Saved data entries
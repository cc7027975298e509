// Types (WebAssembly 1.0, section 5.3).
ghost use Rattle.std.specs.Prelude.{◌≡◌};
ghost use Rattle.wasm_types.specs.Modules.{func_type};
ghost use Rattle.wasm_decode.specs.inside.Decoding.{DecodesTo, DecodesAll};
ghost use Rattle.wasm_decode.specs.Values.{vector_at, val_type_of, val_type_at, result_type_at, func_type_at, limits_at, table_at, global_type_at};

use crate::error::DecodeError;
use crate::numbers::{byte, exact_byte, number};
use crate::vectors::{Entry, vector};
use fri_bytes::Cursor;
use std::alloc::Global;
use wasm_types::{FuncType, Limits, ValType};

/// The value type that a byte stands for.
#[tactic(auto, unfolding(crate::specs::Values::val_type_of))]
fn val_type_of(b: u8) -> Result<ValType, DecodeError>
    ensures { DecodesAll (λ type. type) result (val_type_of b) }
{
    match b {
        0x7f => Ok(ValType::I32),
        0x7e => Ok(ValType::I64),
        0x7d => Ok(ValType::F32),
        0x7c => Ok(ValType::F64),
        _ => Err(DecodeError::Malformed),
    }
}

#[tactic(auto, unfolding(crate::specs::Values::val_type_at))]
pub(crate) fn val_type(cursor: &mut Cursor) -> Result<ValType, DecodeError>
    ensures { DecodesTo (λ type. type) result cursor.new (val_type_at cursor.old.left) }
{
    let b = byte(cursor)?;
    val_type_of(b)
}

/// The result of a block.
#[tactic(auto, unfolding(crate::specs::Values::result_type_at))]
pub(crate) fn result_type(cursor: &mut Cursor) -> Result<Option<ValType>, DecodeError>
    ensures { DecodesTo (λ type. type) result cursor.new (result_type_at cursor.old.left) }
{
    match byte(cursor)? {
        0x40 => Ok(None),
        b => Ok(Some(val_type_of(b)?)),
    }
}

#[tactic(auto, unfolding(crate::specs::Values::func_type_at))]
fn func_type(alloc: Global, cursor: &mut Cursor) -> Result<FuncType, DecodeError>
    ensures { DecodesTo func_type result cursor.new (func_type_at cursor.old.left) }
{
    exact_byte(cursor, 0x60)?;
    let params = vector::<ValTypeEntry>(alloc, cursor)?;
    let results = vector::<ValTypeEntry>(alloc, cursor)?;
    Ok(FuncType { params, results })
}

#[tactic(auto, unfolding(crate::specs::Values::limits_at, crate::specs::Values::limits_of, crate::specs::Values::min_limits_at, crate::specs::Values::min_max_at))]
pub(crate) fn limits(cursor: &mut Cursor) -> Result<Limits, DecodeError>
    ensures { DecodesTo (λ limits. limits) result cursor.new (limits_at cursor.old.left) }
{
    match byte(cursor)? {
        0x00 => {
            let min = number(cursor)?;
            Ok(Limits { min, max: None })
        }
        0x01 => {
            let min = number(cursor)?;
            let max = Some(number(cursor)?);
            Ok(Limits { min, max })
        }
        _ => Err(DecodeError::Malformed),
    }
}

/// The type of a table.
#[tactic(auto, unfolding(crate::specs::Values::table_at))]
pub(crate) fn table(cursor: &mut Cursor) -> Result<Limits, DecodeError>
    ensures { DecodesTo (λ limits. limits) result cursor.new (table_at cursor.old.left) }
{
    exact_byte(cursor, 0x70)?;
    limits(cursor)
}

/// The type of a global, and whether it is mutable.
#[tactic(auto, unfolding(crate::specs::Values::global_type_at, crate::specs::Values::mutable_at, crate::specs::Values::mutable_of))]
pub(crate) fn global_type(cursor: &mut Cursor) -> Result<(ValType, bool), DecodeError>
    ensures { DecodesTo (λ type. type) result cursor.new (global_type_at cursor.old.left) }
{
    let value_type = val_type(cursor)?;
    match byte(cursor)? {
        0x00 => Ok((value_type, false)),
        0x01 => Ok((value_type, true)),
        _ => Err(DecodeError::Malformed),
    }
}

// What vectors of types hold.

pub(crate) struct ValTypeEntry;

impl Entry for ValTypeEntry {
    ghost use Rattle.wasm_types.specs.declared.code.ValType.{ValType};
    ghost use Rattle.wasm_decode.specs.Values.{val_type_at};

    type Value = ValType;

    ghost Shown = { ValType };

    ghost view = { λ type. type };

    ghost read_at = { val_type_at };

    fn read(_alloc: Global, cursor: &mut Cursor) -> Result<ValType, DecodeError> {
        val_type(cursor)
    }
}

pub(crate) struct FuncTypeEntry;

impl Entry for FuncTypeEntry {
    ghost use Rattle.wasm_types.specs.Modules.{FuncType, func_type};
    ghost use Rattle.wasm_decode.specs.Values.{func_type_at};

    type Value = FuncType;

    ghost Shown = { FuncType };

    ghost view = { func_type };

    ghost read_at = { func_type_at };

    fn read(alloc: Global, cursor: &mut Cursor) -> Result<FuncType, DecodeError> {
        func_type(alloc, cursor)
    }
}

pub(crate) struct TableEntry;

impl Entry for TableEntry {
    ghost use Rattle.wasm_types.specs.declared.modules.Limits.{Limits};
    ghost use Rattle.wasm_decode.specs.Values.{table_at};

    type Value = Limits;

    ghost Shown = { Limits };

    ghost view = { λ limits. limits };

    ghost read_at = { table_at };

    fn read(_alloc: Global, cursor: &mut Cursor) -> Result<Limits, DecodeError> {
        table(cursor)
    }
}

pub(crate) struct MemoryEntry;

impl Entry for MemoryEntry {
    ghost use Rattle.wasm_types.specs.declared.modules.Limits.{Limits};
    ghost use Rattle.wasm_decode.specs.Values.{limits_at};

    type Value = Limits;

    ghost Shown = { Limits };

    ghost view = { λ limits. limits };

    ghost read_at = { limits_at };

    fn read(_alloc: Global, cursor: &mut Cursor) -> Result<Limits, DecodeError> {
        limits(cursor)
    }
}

* **REQUIRED WORK**: Every entry should be printed again exactly as it stands.

* **EXERCISE ANSWER**:
repository cc7027975298e509
// Types (WebAssembly 1.0, section 5.3).
ghost use Rattle.std.specs.Prelude.{◌≡◌};
ghost use Rattle.wasm_types.specs.Modules.{func_type};
ghost use Rattle.wasm_decode.specs.inside.Decoding.{DecodesTo, DecodesAll};
ghost use Rattle.wasm_decode.specs.Values.{vector_at, val_type_of, val_type_at, result_type_at, func_type_at, limits_at, table_at, global_type_at};

use crate::error::DecodeError;
use crate::numbers::{byte, exact_byte, number};
use crate::vectors::{Entry, vector};
use fri_bytes::Cursor;
use std::alloc::Global;
use wasm_types::{FuncType, Limits, ValType};

/// The value type that a byte stands for.
#[tactic(auto, unfolding(crate::specs::Values::val_type_of))]
fn val_type_of(b: u8) -> Result<ValType, DecodeError>
    ensures { DecodesAll (λ type. type) result (val_type_of b) }
{
    match b {
        0x7f => Ok(ValType::I32),
        0x7e => Ok(ValType::I64),
        0x7d => Ok(ValType::F32),
        0x7c => Ok(ValType::F64),
        _ => Err(DecodeError::Malformed),
    }
}

#[tactic(auto, unfolding(crate::specs::Values::val_type_at))]
pub(crate) fn val_type(cursor: &mut Cursor) -> Result<ValType, DecodeError>
    ensures { DecodesTo (λ type. type) result cursor.new (val_type_at cursor.old.left) }
{
    let b = byte(cursor)?;
    val_type_of(b)
}

/// The result of a block.
#[tactic(auto, unfolding(crate::specs::Values::result_type_at))]
pub(crate) fn result_type(cursor: &mut Cursor) -> Result<Option<ValType>, DecodeError>
    ensures { DecodesTo (λ type. type) result cursor.new (result_type_at cursor.old.left) }
{
    match byte(cursor)? {
        0x40 => Ok(None),
        b => Ok(Some(val_type_of(b)?)),
    }
}

#[tactic(auto, unfolding(crate::specs::Values::func_type_at))]
fn func_type(alloc: Global, cursor: &mut Cursor) -> Result<FuncType, DecodeError>
    ensures { DecodesTo func_type result cursor.new (func_type_at cursor.old.left) }
{
    exact_byte(cursor, 0x60)?;
    let params = vector::<ValTypeEntry>(alloc, cursor)?;
    let results = vector::<ValTypeEntry>(alloc, cursor)?;
    Ok(FuncType { params, results })
}

#[tactic(auto, unfolding(crate::specs::Values::limits_at, crate::specs::Values::limits_of, crate::specs::Values::min_limits_at, crate::specs::Values::min_max_at))]
pub(crate) fn limits(cursor: &mut Cursor) -> Result<Limits, DecodeError>
    ensures { DecodesTo (λ limits. limits) result cursor.new (limits_at cursor.old.left) }
{
    match byte(cursor)? {
        0x00 => {
            let min = number(cursor)?;
            Ok(Limits { min, max: None })
        }
        0x01 => {
            let min = number(cursor)?;
            let max = Some(number(cursor)?);
            Ok(Limits { min, max })
        }
        _ => Err(DecodeError::Malformed),
    }
}

/// The type of a table.
#[tactic(auto, unfolding(crate::specs::Values::table_at))]
pub(crate) fn table(cursor: &mut Cursor) -> Result<Limits, DecodeError>
    ensures { DecodesTo (λ limits. limits) result cursor.new (table_at cursor.old.left) }
{
    exact_byte(cursor, 0x70)?;
    limits(cursor)
}

/// The type of a global, and whether it is mutable.
#[tactic(auto, unfolding(crate::specs::Values::global_type_at, crate::specs::Values::mutable_at, crate::specs::Values::mutable_of))]
pub(crate) fn global_type(cursor: &mut Cursor) -> Result<(ValType, bool), DecodeError>
    ensures { DecodesTo (λ type. type) result cursor.new (global_type_at cursor.old.left) }
{
    let value_type = val_type(cursor)?;
    match byte(cursor)? {
        0x00 => Ok((value_type, false)),
        0x01 => Ok((value_type, true)),
        _ => Err(DecodeError::Malformed),
    }
}

// What vectors of types hold.

pub(crate) struct ValTypeEntry;

impl Entry for ValTypeEntry {
    ghost use Rattle.wasm_types.specs.declared.code.ValType.{ValType};
    ghost use Rattle.wasm_decode.specs.Values.{val_type_at};

    type Value = ValType;

    ghost Shown = { ValType };

    ghost view = { λ type. type };

    ghost read_at = { val_type_at };

    fn read(_alloc: Global, cursor: &mut Cursor) -> Result<ValType, DecodeError> {
        val_type(cursor)
    }
}

pub(crate) struct FuncTypeEntry;

impl Entry for FuncTypeEntry {
    ghost use Rattle.wasm_types.specs.Modules.{FuncType, func_type};
    ghost use Rattle.wasm_decode.specs.Values.{func_type_at};

    type Value = FuncType;

    ghost Shown = { FuncType };

    ghost view = { func_type };

    ghost read_at = { func_type_at };

    fn read(alloc: Global, cursor: &mut Cursor) -> Result<FuncType, DecodeError> {
        func_type(alloc, cursor)
    }
}

pub(crate) struct TableEntry;

impl Entry for TableEntry {
    ghost use Rattle.wasm_types.specs.declared.modules.Limits.{Limits};
    ghost use Rattle.wasm_decode.specs.Values.{table_at};

    type Value = Limits;

    ghost Shown = { Limits };

    ghost view = { λ limits. limits };

    ghost read_at = { table_at };

    fn read(_alloc: Global, cursor: &mut Cursor) -> Result<Limits, DecodeError> {
        table(cursor)
    }
}

pub(crate) struct MemoryEntry;

impl Entry for MemoryEntry {
    ghost use Rattle.wasm_types.specs.declared.modules.Limits.{Limits};
    ghost use Rattle.wasm_decode.specs.Values.{limits_at};

    type Value = Limits;

    ghost Shown = { Limits };

    ghost view = { λ limits. limits };

    ghost read_at = { limits_at };

    fn read(_alloc: Global, cursor: &mut Cursor) -> Result<Limits, DecodeError> {
        limits(cursor)
    }
}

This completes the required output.